Records from a dataset
.....
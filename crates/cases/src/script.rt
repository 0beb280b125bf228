// The words of a case. A word is known by its first letter, or is a comma; up to three numbers follow it, decimal, or
// hexadecimal after an x; one that is not there is 0. Each module that obeys words says at its top which.
ghost use Rattle.std.specs.Prelude.{◌≤◌, ◌<◌, length, IfSome};

#[derive(Clone, Copy)]
pub(crate) struct Word {
    // The first letter.
    pub(crate) letter: u8,
    pub(crate) a: u32,
    pub(crate) b: u32,
    pub(crate) c: u32,
}

// No word of a module begins with this letter.
#[derive(Clone, Copy)]
pub(crate) struct UnknownLetter;

// What stands from the first byte on that is not passed over.
fn past<F: Fn(u8) -> bool>(text: &[u8], over: F) -> &[u8]
    requires { F.IsAlwaysCallable over }
    ensures { length result.now ≤ length text.now }
{
    match text.iter().position(|byte| !over(*byte)) {
        Some(at) => &text[at..],
        None => &[],
    }
}

// What a digit says, decimal, or hexadecimal in capitals.
fn digit(byte: u8, base: u32) -> Option<u32>
    ensures { IfSome result (λ d. d < 16) }
{
    match byte {
        b'0'..=b'9' => Some(u32::from(byte - b'0')),
        b'A'..=b'F' if base == 16 => Some(u32::from(byte - b'A') + 10),
        _ => None,
    }
}

// The number that a text starts with, behind spaces, and what stands behind it; of one that is too long the low part.
fn number(text: &[u8]) -> (u32, &[u8])
    ensures { length result.1.now ≤ length text.now }
{
    let (base, mut rest) = match past(text, |byte| byte == b' ') {
        [b'x', digits @ ..] => (16, digits),
        digits => (10, digits),
    };
    let mut value: u32 = 0;
    while let Some((first, behind)) = rest.split_first() {
        let Some(more) = digit(*first, base) else {
            return (value, rest);
        };
        value = value.wrapping_mul(base).wrapping_add(more);
        rest = behind;
    }
    (value, rest)
}

// The first word of a text, and what stands behind it.
pub(crate) fn next_word(text: &[u8]) -> Option<(Word, &[u8])>
    ensures { IfSome result (λ found. length found.1.now < length text.now) }
{
    let (letter, behind) = past(text, |byte| byte == b' ').split_first()?;
    let (a, behind) = number(past(behind, |byte| byte.is_ascii_lowercase()));
    let (b, behind) = number(behind);
    let (c, behind) = number(behind);
    let letter = *letter;
    Some((Word { letter, a, b, c }, behind))
}
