// The words that write into the buffers:
//
//     file R B V      byte B of board record R becomes V
//     list R B V      byte B of list record R becomes V
//     event R B V     byte B of event record R becomes V
//     occurs R C N    event record R becomes code N at clock C, for address 1
//     steps A B V     the steps from place A up to B become V
//     turn A B V      the flags of log records A up to B become V and 0 in turn
ghost use Rattle.std.specs.Prelude.{◌<◌};

use crate::desk::Desk;
use crate::script::{UnknownLetter, Word};
use board::Board;
use frame::{Frame, Transaction};

#[derive(Clone, Copy)]
pub(crate) enum Write {
    File,
    List,
    Event,
    Occurs,
    Steps,
    Turn,
}

impl TryFrom<u8> for Write {
    type Error = UnknownLetter;

    fn try_from(letter: u8) -> Result<Write, UnknownLetter> {
        match letter {
            b'f' => Ok(Write::File),
            b'l' => Ok(Write::List),
            b'e' => Ok(Write::Event),
            b'o' => Ok(Write::Occurs),
            b's' => Ok(Write::Steps),
            b't' => Ok(Write::Turn),
            _ => Err(UnknownLetter),
        }
    }
}

fn low_byte(value: u32) -> u8 {
    (value % 256) as u8
}

// A byte of a buffer; past its end nothing.
fn put(buffer: &mut [u8], at: usize, value: u8) {
    if let Some(byte) = buffer.get_mut(at) {
        *byte = value;
    }
}

// The low byte of a word's third number, to the record and the byte in it that its first two name.
fn put_in_record(file: &mut [u8], size: usize, word: Word)
    requires { size < 256 }
{
    put(
        file,
        word.a as usize * size + word.b as usize,
        low_byte(word.c),
    );
}

// An event of address 1.
fn put_event(events: &mut [u8], word: Word) {
    let at = word.a as usize * Board::EVENT_RECORD;
    put(events, at, low_byte(word.b / 256));
    put(events, at + 1, low_byte(word.b));
    put(events, at + 2, 1);
    put(events, at + 3, low_byte(word.c));
}

fn fill(steps: &mut [u8], word: Word) {
    let end = steps.len().min(word.b as usize);
    if let Some(part) = steps.get_mut(word.a as usize..end) {
        part.fill(low_byte(word.c));
    }
}

fn turn(log: &mut [u8], word: Word) {
    for k in word.a..word.b {
        let flags = if (k - word.a) % 2 == 0 { word.c } else { 0 };
        put(log, k as usize * Frame::LOG_RECORD, low_byte(flags));
    }
}

impl Desk {
    pub(crate) fn write(&mut self, write: Write, word: Word) {
        match write {
            Write::File => put_in_record(&mut self.file, Board::RECORD, word),
            Write::List => put_in_record(&mut self.list, Transaction::BYTES, word),
            Write::Event => put_in_record(&mut self.events, Board::EVENT_RECORD, word),
            Write::Occurs => put_event(&mut self.events, word),
            Write::Steps => fill(&mut self.steps, word),
            Write::Turn => turn(&mut self.log, word),
        }
    }
}
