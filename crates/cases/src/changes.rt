// The words that make a board and change it, also to values that no load gives:
//
//     phys N              the board of the board file's first N records
//     number N            the number of PHYs becomes N
//     address P V         the address of the PHY at place P becomes V
//     implemented P V     the mask of its implemented registers
//     default P R V       the default of its register R
//     mask P R V          the write mask of its register R
//     register P R V      its register R
//     up P V              its link: 0 down, 1 up
//     hunting P N         it hunts with N ones
//     within P N V        it is inside a frame with N bits seen, V
//     captured P V        its captured word
use crate::desk::Desk;
use crate::script::{UnknownLetter, Word};
use board::Board;
use phy::Phy;
use wire::Follower;

#[derive(Clone, Copy)]
pub(crate) enum Change {
    Phys,
    Number,
    Address,
    Implemented,
    Default,
    Mask,
    Register,
    Up,
    Hunting,
    Within,
    Captured,
}

impl TryFrom<u8> for Change {
    type Error = UnknownLetter;

    fn try_from(letter: u8) -> Result<Change, UnknownLetter> {
        match letter {
            b'p' => Ok(Change::Phys),
            b'n' => Ok(Change::Number),
            b'a' => Ok(Change::Address),
            b'i' => Ok(Change::Implemented),
            b'd' => Ok(Change::Default),
            b'm' => Ok(Change::Mask),
            b'r' => Ok(Change::Register),
            b'u' => Ok(Change::Up),
            b'h' => Ok(Change::Hunting),
            b'w' => Ok(Change::Within),
            b'c' => Ok(Change::Captured),
            _ => Err(UnknownLetter),
        }
    }
}

// The board of the board file's first n records; where it has not so many, that of none.
fn loaded(file: &[u8], n: u32) -> Board {
    let records = file.get(..n as usize * Board::RECORD);
    board::load(records.unwrap_or(b"")).board
}

// The PHY with a field or a word changed.
fn changed(mut phy: Phy, change: Change, word: Word) -> Phy {
    let r = (word.b % 32) as usize;
    let value = (word.c % 0x1_0000) as u16;
    let byte = (word.b % 256) as u8;
    match change {
        Change::Phys | Change::Number => {}
        Change::Address => phy.own.address = byte,
        Change::Implemented => phy.own.implemented = word.b,
        Change::Default => phy.defaults[r] = value,
        Change::Mask => phy.masks[r] = value,
        Change::Register => phy.registers[r] = value,
        Change::Up => phy.link = word.b == 1,
        Change::Hunting => phy.follower = Follower::Hunting(byte),
        Change::Within => phy.follower = Follower::Inside(byte, word.c),
        Change::Captured => phy.captured = (word.b % 0x1_0000) as u16,
    }
    phy
}

impl Desk {
    pub(crate) fn change(&mut self, change: Change, word: Word) {
        let n = word.a as usize;
        match change {
            Change::Phys => self.board = loaded(&self.file, word.a),
            Change::Number => self.board.count = n,
            _ => {
                if n < Board::PLACES {
                    self.board.phys[n] = changed(self.board.phys[n], change, word);
                }
            }
        }
    }
}
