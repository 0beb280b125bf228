// Bench cases and limits of document 01 that are run and compared. A case is a line of the standard input: what is
// tried, a colon, and the words that try it. The answers that must come are in the file stdout, written from document
// 01. The cases are data and not code, so that a case more costs nothing to prove.
#![tactic(auto)]

mod calls;
mod changes;
mod desk;
mod script;
mod show;
mod writes;

use desk::Desk;
use std::io;
use verdict::{read_full, zeroed};

// Every case starts at a clear desk.
fn try_words(rt: &impl Print, desk: &mut Desk, words: &[u8]) -> io::Result<()> {
    desk.clear();
    let mut rest = words;
    while let Some((word, behind)) = script::next_word(rest) {
        desk.obey(rt, word)?;
        rest = behind;
    }
    Ok(())
}

// A line without a colon is no case.
fn try_line(rt: &impl Print, desk: &mut Desk, line: &[u8]) -> io::Result<()> {
    let Some(colon) = line.iter().position(|byte| *byte == b':') else {
        return Ok(());
    };
    let (tried, words) = line.split_at(colon + 1);
    rt.write_all(tried)?;
    try_words(rt, desk, words)?;
    rt.write_all(b"\n")
}

// More bytes than the cases have.
const INPUT: usize = 65536;

fn main(rt: HostRuntime) -> io::Result<()> {
    let mut input = zeroed::<INPUT>();
    let cases = read_full(&mut rt.reader(), &mut input);
    let mut desk = Desk::new();
    for line in cases.split(|byte| *byte == b'\n') {
        try_line(&rt, &mut desk, line)?;
    }
    Ok(())
}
.....
Work required: The response consists of the lines above that contain "loaded".

Completed exercise:
fn loaded(file: &[u8], n: u32) -> Board {
            Change::Phys => self.board = loaded(&self.file, word.a),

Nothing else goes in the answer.